Procopio: Nel 30% dei pazienti non e' aggressivo, basta sorvegliarli
(DIRE - Notiziario settimanale Sanita') Roma, 8 giu. - Circa 40.000 nuovi casi all'anno in Italia, con una mortalita' che si avvicina al 25%: questa la dimensione della presenza del tumore alla prostata, la piu' diffusa forma tumorale nella popolazione maschile. Ma durante il meeting dell'American Society of Clinical Oncology, a Chicago, e' stato precisato che il 30% di questi pazienti potrebbe essere semplicemente sorvegliato dagli specialisti, in quanto portatori della malattia senza evoluzione, in una fase che i clinici definiscono "indolente".

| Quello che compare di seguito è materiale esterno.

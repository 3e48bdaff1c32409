//! What a statement does to the rows that its session sees, and what it tells.
#![tactic(auto)]

mod effects;
mod insert;
mod laws;
mod matching;
mod run;
mod sights;
mod stores;

pub use effects::effect_of;
pub use insert::number_after;
pub use laws::links_are_associative;
pub use run::run_statement;
pub use sights::Sight;
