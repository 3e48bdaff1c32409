//! Rows as statements look at them.

ghost use Rattle.std.specs.Prelude.{◌≡◌, IfOk};
ghost use Rattle.std.specs.Option.{option_copied};
ghost use Rattle.finite_maps.specs.Map.{get};
ghost use Rattle.row_tables.specs.Layers.{Layers, sight, rows_of, IsOnlyWriterAt, IsOnlyWriterIn};
ghost use Rattle.statement_evaluation.specs.Effect as spec;
ghost use Rattle.statement_execution.specs.Seen.{in_table};

use bound_statements::Condition;
use lock_modes::{Row, Value};
use statement_evaluation::Entries;
use std::alloc::{AllocError, Global};

/// The rows that statements look at, borrowed from where they are kept.
///
/// Contracts see committed rows and for each session an overlay, however they are kept. Whatever is asked for a session, no other one may have a write
/// there that is neither kept nor undone.
pub trait Sight<'a>: Copy {
    // the rows as the definitions have them
    ghost layers: { Self → Layers };

    /// The row that a session sees at a key of a table.
    fn read(self, session: u8, table: u16, key: &Value) -> Option<&'a Row>
        requires { IsOnlyWriterAt session (table, key.now) (layers self) }
        ensures { option_copied result ≡ get (sight session (layers self)) (table, key.now) };

    /// The rows of a table that meet the condition, in the order of their keys, or none where the condition faults. It fails for want of memory alone.
    fn matching_in(
        self,
        alloc: Global,
        session: u8,
        table: u16,
        condition: &Condition,
    ) -> Result<Option<Entries<'a>>, AllocError>
        requires { IsOnlyWriterIn session table (layers self) }
        ensures { IfOk result (λ found. found ≡ spec.matching condition.now (in_table table (rows_of table (sight session (layers self))))) };

    /// One more than the greatest number that is a key of a table, or 1 where none is.
    fn next_number(self, session: u8, table: u16) -> u64
        requires { IsOnlyWriterIn session table (layers self) }
        ensures { result ≡ spec.next_number 1 (in_table table (rows_of table (sight session (layers self)))) };
}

È quanto comunicato a Chicago da Giuseppe Procopio, responsabile del servizio di Oncologia medica genitourinaria all'Istituto nazionale dei Tumori: "Oggi il primo obiettivo per lo specialista e' comprendere se il tumore identificato si presenta in una forma indolente oppure aggressiva: nel primo caso, infatti, un approccio di sorveglianza attiva, connotata da grande attenzione clinica, potrebbe evitare terapie inutili ed interventi chirurgici invasivi". Si stima che circa 10.000 pazienti nel nostro Paese potrebbero cosi' vivere in uno stato di sorveglianza, in quanto la loro forma tumorale potrebbe non aver bisogno di alcun ulteriore significativo intervento terapeutico.
Ma purtroppo non tutte le forme sono "indolenti": per quanto riguarda le forme tumorali aggressive, Procopio ha presentato i dati di 'real world evidence', analisi che riguardano cioe' studi effettuati sulla popolazione reale, offrendo speranze di qualita' dell'esistenza a chi quotidianamente convive con questa malattia, quella 'popolazione reale' di pazienti fatta di vita quotidiana, di problematiche di guarigione e di difficolta' nella relazione con gli altri.
Spesso il paziente con tumore metastatico resistente presenta numerose comorbidita', problematiche cardiovascolari e obesita': proprio su questo paziente "reale" Giuseppe Procopio ha presentato dati importanti in termini di miglioramento delle condizioni di vita. Merito delle nuove terapie ormonali, di cui il primo farmaco in Italia e' stato abiraterone: "La pratica clinica non solo valida l'efficacia della terapia con abiraterone", ha precisato l'oncologo dell'Istituto nazionale dei tumori, "ma lo fa anche indipendentemente dalle caratteristiche complesse dell'uomo che la segue, ovvero l'uomo medio del mondo reale che spesso presenta comorbidita' cardiovascolari, problematiche ossee, problemi neurologici come dolore, fatica e depressione. I dati emersi dai nostri studi mostrano come la terapia con abiraterone non solo mantenga la sua efficacia nonostante la presenza di problematiche stabili, ma presenti anche un profilo migliore proprio per la qualita' della vita dell'uomo in cura".
Le analisi sono state effettuate sulle comorbidita' di diverse tipologie di paziente: paziente cardiopatico, paziente con implicazioni cognitive e paziente con patologie ossee. I risultati hanno mostrato come gli uomini in cura con abiraterone abbiano meno probabilita' di incorrere in peggioramenti cognitivi, depressioni, peggioramenti delle condizioni cardiovascolari, o di manifestare eventi scheletrici negativi.
Per Giuseppe Procopio si tratta di confortanti risultati terapeutici, in quanto "il miglioramento delle condizioni di qualita' della vita rappresenta un valore assoluto per il paziente e per le persone a lui piu' vicine".